§ **WHAT THE EXERCISE ASKS**
Within the entries below, the lines from the one with "make the same decisions." through the one with "poll without votes." are to be set down exactly, both ends kept.

------ DATA SUPPLIED ------

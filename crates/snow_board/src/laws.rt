//! Laws of the board, each a function that does nothing and ensures the law.
ghost use Rattle.snow_board.specs.Laws.PointwiseLaw.{MapLaw, ExcludedLaw, PollLaw, IssueLaw};
ghost use Rattle.snow_board.specs.Laws.Alike.{AlikeLaw};
ghost use Rattle.snow_board.specs.Laws.FailingLaw.{FewVotesLaw, FewVotesOnBoardLaw, FailingTwiceLaw, FailingAndAddingLaw};
ghost use Rattle.snow_board.specs.Laws.LineLaw.{LineLaw};
ghost use Rattle.snow_board.specs.Laws.StandingLaw.{StandingLaw, ChildrenStayLaw, NoneExcludedLaw};
ghost use Rattle.snow_board.specs.Laws.ConfidenceLaw.{ConfidenceLaw};
ghost use Rattle.snow_board.specs.Laws.QuorumLaw.{OneQuorumLaw};
ghost use Rattle.snow_board.specs.Laws.KeepingLaw.{KeepingLaw};
ghost use Rattle.snow_board.specs.Laws.SettledLaw.{NoWinnerLaw, EnoughStepsLaw};
ghost use Rattle.snow_board.specs.Laws.RoomLaw.{RoomLaw};
ghost use Rattle.snow_board.specs.Laws.PreferenceLaw.{PreferenceEndsLaw};

/// The counters of a conflict are a map from bit lists: those that are the same at each list are
/// the same.
/// Rule: this project's own.
#[tactic(auto, using(crate::proofs::Pointwise::same_map))]
pub fn map_law()
    ensures { MapLaw }
{}

/// A bit list is excluded exactly where the counter at a proper front of it is decided, and not
/// with the bit that follows.
/// Rule: this project's own.
#[tactic(auto, using(crate::proofs::Pointwise::excluded_decides))]
pub fn excluded_law()
    ensures { ExcludedLaw }
{}

/// At each bit list a poll makes the bit step of the counter there, with that list's own two
/// counts; counters that are then excluded go.
/// Rule: this project's own.
#[tactic(auto, using(crate::proofs::Pointwise::polled_each))]
pub fn poll_law()
    ensures { PollLaw }
{}

/// At each bit list an issue leaves the counter that stands there, and it makes fresh ones at just
/// those fronts of the child's bits where none stood and no decided counter excludes them.
/// Rule: this project's own.
#[tactic(auto, using(crate::proofs::Pointwise::grown_each))]
pub fn issue_law()
    ensures { IssueLaw }
{}

/// Alike votes give one board: where on every list of identifiers the numbers of both votes are of
/// one class, polls with them leave the same board and make the same decisions.
/// Rule: this project's own.
#[tactic(auto, using(crate::proofs::Same::same_board))]
pub fn alike_law()
    ensures { AlikeLaw }
{}

/// A poll of the counters of a conflict with fewer than AlphaPreference votes on every side does
/// what a poll without votes does: it fails them.
/// Rule: this project's own.
#[tactic(auto, using(crate::proofs::Failing::few_fail))]
pub fn few_votes_law()
    ensures { FewVotesLaw }
{}

/// A poll of a board with fewer than AlphaPreference votes below each block at every bit list
/// leaves the board, and makes the decisions, of a poll without votes.
/// Rule: this project's own.
#[tactic(auto, using(crate::proofs::Failing::few_fail_all))]
pub fn few_votes_on_board_law()
    ensures { FewVotesOnBoardLaw }
{}

/// Failing the counters of a conflict twice is failing them once.
/// Rule: this project's own.
#[tactic(auto, using(crate::proofs::Failing::fails_once))]
pub fn failing_twice_law()
    ensures { FailingTwiceLaw }
{}

/// Failing the counters of a conflict and adding a child to them may change places.
/// Rule: this project's own.
#[tactic(auto, using(crate::proofs::Failing::fails_or_adds))]
pub fn failing_and_adding_law()
    ensures { FailingAndAddingLaw }
{}

/// At each height of a board that can be reached at most one block has AlphaPreference votes, of at
/// most K in all, for it and its descendants.
/// Rule: this project's own.
#[tactic(auto, using(crate::proofs::Heights::one_quorum))]
pub fn one_quorum_law()
    ensures { OneQuorumLaw }
{}

/// Two tests are the same on every board that can be reached: that a block or some ancestor of it
/// is a child of the parent whose bits begin so; and that the one child of the parent on the
/// block's line has such bits. So a vote counts by its block's line.
/// Rule: this project's own.
#[tactic(auto, using(crate::proofs::Lines::line_law))]
pub fn line_law()
    ensures { LineLaw }
{}

/// On a board that can be reached, counters stand just where a child was issued. Take a block and a
/// list of fewer than 256 bits. The block has a counter there exactly where two things hold: it has
/// a pending child whose bits begin so, and no decided counter excludes the list. It has none at
/// longer lists.
/// Rule: this project's own.
#[tactic(auto, using(crate::proofs::Standing::standing))]
pub fn standing_law()
    ensures { StandingLaw }
{}

/// No poll takes a child out while its parent stays on the board, so of a block on the board all
/// children that were issued are pending.
/// Rule: this project's own.
#[tactic(auto, using(crate::proofs::Children::children_stay))]
pub fn children_stay_law()
    ensures { ChildrenStayLaw }
{}

/// A board that can be reached keeps no counter that a decided one excludes.
/// Rule: this project's own.
#[tactic(auto, using(crate::proofs::Standing::none_excluded))]
pub fn none_excluded_law()
    ensures { NoneExcludedLaw }
{}

/// On a board that can be reached, confidence never rises on the way down. Take an undecided
/// counter and one to which it leads, in its conflict or in a block below. That one is undecided
/// too. Its confidence is at most the first one's, and 0 on the side other than the first one's
/// flake.
/// Rule: this project's own.
#[tactic(auto, using(crate::proofs::Confidence::confident))]
pub fn confidence_law()
    ensures { ConfidenceLaw }
{}

/// Nobody reads excluded counters. Take a board that keeps them, and the numbers of decided
/// counters too. After every list of issues and polls it would have made the same decisions. By
/// every rule it would have the same preference, with the same path to it.
/// Rule: this project's own.
#[tactic(auto, using(crate::proofs::Pruning::never_read))]
pub fn keeping_law()
    ensures { KeepingLaw }
{}

/// A poll leaves no child of the last accepted block to which decided counters alone lead: all that
/// are decided are accepted.
/// Rule: this project's own.
#[tactic(auto, using(crate::proofs::Stopping::no_winner))]
pub fn settled_law()
    ensures { NoWinnerLaw }
{}

/// The steps that a poll's acceptances are counted down from are never what ends them: with any
/// greater number the same board and the same decisions come out.
/// Rule: this project's own.
#[tactic(auto, using(crate::proofs::Stopping::enough_steps))]
pub fn enough_steps_law()
    ensures { EnoughStepsLaw }
{}

/// A board that can be reached has at most 4,096 pending blocks.
/// Rule: this project's own.
#[tactic(auto, using(crate::proofs::Room::room))]
pub fn room_law()
    ensures { RoomLaw }
{}

/// The preference of a board that can be reached has no pending child: it is the end of a whole
/// path, by every rule that answers the bit on which preference and flake agree.
/// Rule: this project's own.
#[tactic(auto, using(crate::proofs::Topmost::preference_ends))]
pub fn preference_ends_law()
    ensures { PreferenceEndsLaw }
{}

------

§ **YOUR RESPONSE**
/// one class, polls with them leave the same board and make the same decisions.
/// Rule: this project's own.
#[tactic(auto, using(crate::proofs::Same::same_board))]
pub fn alike_law()
    ensures { AlikeLaw }
{}

/// A poll of the counters of a conflict with fewer than AlphaPreference votes on every side does
/// what a poll without votes does: it fails them.
/// Rule: this project's own.
#[tactic(auto, using(crate::proofs::Failing::few_fail))]
pub fn few_votes_law()
    ensures { FewVotesLaw }
{}

/// A poll of a board with fewer than AlphaPreference votes below each block at every bit list
/// leaves the board, and makes the decisions, of a poll without votes.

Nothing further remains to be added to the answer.